According to Breibart, a recently published report by the AidData Project at the College of William and Mary in Virginia, China’s Belt and Road Initiative (BRI) is supported by the Chinese Communist Party (CCP). The CCP promotes it to assist emerging economies, which benefit the CCP while also “assisting their partners,” increasingly mired in mounting debt burdens.
Research from international development research lab AidData said that Hundreds of lower-income governments are saddled with debt that isn’t on their balance sheets. It’s due to President Xi Jinping’s Belt and Road Initiative, which involves opaque partnerships with state banks and corporations.

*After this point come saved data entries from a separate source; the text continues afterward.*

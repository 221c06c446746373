// The loop over what is pending.
ghost use Rattle.std.specs.Prelude.{◌≡◌, ◌∷◌, [], IfOk, OnOk, length};
ghost use Rattle.rdx_nodes.specs.Settings.{language_at, patterns_at_hand, trees_at_hand, IsReady};
ghost use Rattle.rdx_table.specs.Inside.Frames.{TakesUp};
ghost use Rattle.rdx_table.specs.Inside.Looks.{Heeds, IsStop};
ghost use Rattle.rdx_table.specs.Inside.Memos.{IsMemo};
ghost use Rattle.rdx_table.specs.Inside.Tasks.{IsGoal, IsRow, IsTask};

use crate::frame::Frame;
use crate::look::look_at;
use crate::memo::{Memo, recall, remember};
use crate::task::{Goal, Stop, Task};
use rdx_bind::rows::Row;
use rdx_nodes::setting::Setting;
use rdx_term::NoMemory;
use std::collections::HashMap;

// The row that stands alone.
fn only_row(rows: Vec<Row>) -> Row
    requires { length rows.items ≡ 1 }
    ensures { rows.items ≡ result ∷ [] }
{
    let mut rows = rows;
    rows.swap_remove(0)
}

// The frame on top, where the one that was wants this task: with the rows that are recalled for it
// as an answer, or else a new one, which goes above it.
fn take_up(
    setting: &Setting<'_>,
    memo: &Memo,
    below: &mut Vec<Frame>,
    top: Frame,
    task: Task,
) -> Result<Frame, NoMemory>
    requires task { IsTask (language_at setting.now) (patterns_at_hand setting.now)
        (trees_at_hand setting.now) task }
    requires memo { IsMemo (language_at setting.now) (patterns_at_hand setting.now)
        (trees_at_hand setting.now) memo.now }
    ensures { IfOk result (TakesUp (language_at setting.now) (patterns_at_hand setting.now)
        (trees_at_hand setting.now) top task below.old.items below.new.items) }
{
    match recall(setting, memo, &task)? {
        Some(rows) => top.answered(task, rows),
        None => {
            below.push(top)?;
            Ok(Frame::new(setting.alloc, task))
        }
    }
}

// Does what is to be done first where a look at the top stops.
fn heed(setting: &mut Setting<'_>, top: &mut Frame, stop: Stop) -> Result<(), NoMemory>
    requires ready { IsReady setting.old }
    requires stop { IsStop setting.old stop }
    ensures { OnOk result (Heeds setting.old top.old stop setting.new top.new) }
{
    match stop {
        Stop::Asks(tasks) => {
            top.wanted = tasks;
            Ok(())
        }
        Stop::Opens(number) => setting.open(number),
        Stop::NoMemory => Err(NoMemory),
    }
}

// The row of a goal, with no frames below. The task on top is looked at. What it asks for is
// recalled, or goes on top of it as a task of its own. What is found for the top is an answer for
// the task below.
fn find_row(
    setting: &mut Setting<'_>,
    memo: &mut Memo,
    below: &mut Vec<Frame>,
    goal: Goal,
) -> Result<Row, NoMemory>
    requires ready { IsReady setting.old }
    requires memo { IsMemo (language_at setting.old) (patterns_at_hand setting.old)
        (trees_at_hand setting.old) memo.old }
    requires below { below.old.items ≡ [] }
    requires goal { IsGoal (language_at setting.old) (patterns_at_hand setting.old)
        (trees_at_hand setting.old) goal }
    ensures { IfOk result (λ row. IsRow (language_at setting.old)
        (patterns_at_hand setting.old) (trees_at_hand setting.old) goal row) }
{
    let alloc = setting.alloc;
    let mut top = Frame::new(alloc, Task::Goal(goal));
    loop {
        if let Some(task) = top.wanted.pop() {
            top = take_up(setting, memo, below, top, task)?;
        } else {
            match look_at(setting, &top.task, &top.answers) {
                Ok(rows) => {
                    remember(setting, memo, &top.task, &rows)?;
                    let Some(frame) = below.pop() else {
                        return Ok(only_row(rows));
                    };
                    top = frame.answered(top.into_task(), rows)?;
                }
                Err(stop) => heed(setting, &mut top, stop)?,
            }
        }
    }
}

/// The row of a goal.
pub(crate) fn solve(setting: Setting<'_>, goal: Goal) -> Result<Row, NoMemory>
    requires ready { IsReady setting }
    requires goal { IsGoal (language_at setting) (patterns_at_hand setting)
        (trees_at_hand setting) goal }
    ensures { IfOk result (λ row. IsRow (language_at setting.entry)
        (patterns_at_hand setting.entry) (trees_at_hand setting.entry) goal row) }
{
    let alloc = setting.alloc;
    let mut setting = setting;
    let mut memo: Memo = HashMap::new(alloc);
    let mut below: Vec<Frame> = Vec::new(alloc);
    find_row(&mut setting, &mut memo, &mut below, goal)
}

The massive loans to BRI projects are made on “less generous terms than OECD loans,” AidData said. For example, while the OECD average interest rate is 1% and the repayment term is 28 years, the BRI imposes a loan interest rate of 4.2% and a significantly shorter repayment term, averaging less than ten years. Since the program’s inception in 2013, China has invested more than $843 billion in constructing roads, bridges, ports, and hospitals in 163 countries, including many in Africa and Central Asia.
The report also emphasizes that China’s foreign loans have higher interest rates and require collateral and credit insurance conditions for more prominent and riskier development projects. Nearly 70% of this amount has been lent to state-owned banks or joint ventures between Chinese businesses and local partners in countries already heavily indebted to Beijing, according to AidData executive director Brad Parks.
Anger is growing over the amount of Chinese money pouring into places like Balochistan in southwestern Pakistan. Residents say they receive minimal benefit, and militants have launched a series of attacks to destroy the country, undermining Chinese investment.
According to AidData, “the debt burden from China that debtors are carrying is much larger than what research institutions, rating agencies, or intergovernmental organizations with responsibility for monitoring detect.” According to the report, “42 countries currently have Chinese public debt that exceeds 10% of GDP.” Eight of those countries have debts that exceed 30% of their GDP.
“We’re seeing buyer remorse right now with the Belt and Road Initiative,” Parks said. “Many foreign leaders who were eager to join the BRI are now suspending or canceling Chinese infrastructure projects due to debt sustainability concerns.”
One topic covered in the AidData report that is easier to investigate than many other criticisms of China is “debt-trap diplomacy,” which hypothesizes that China encourages developing countries to borrow money they don’t have. Those countries can not pay, allowing China to seize their national assets and squeeze their debt.
Mr. Parks stated that the team’s research indicates that China prefers to “collateralize loans with illiquid assets rather than physical infrastructure,” even though there are already some spectacular examples of collateral.
AidData concludes that Chinese banks generally believe they can profit from grants by looking at thousands of BRI projects spanning many countries rather than just a few geopolitical examples.
“It’s unusual for Beijing to accept mortgages as illiquid assets.” They’re more intelligent than that. “What they want is a cash mortgage, a liquid asset that they can take with them,” Parks explained.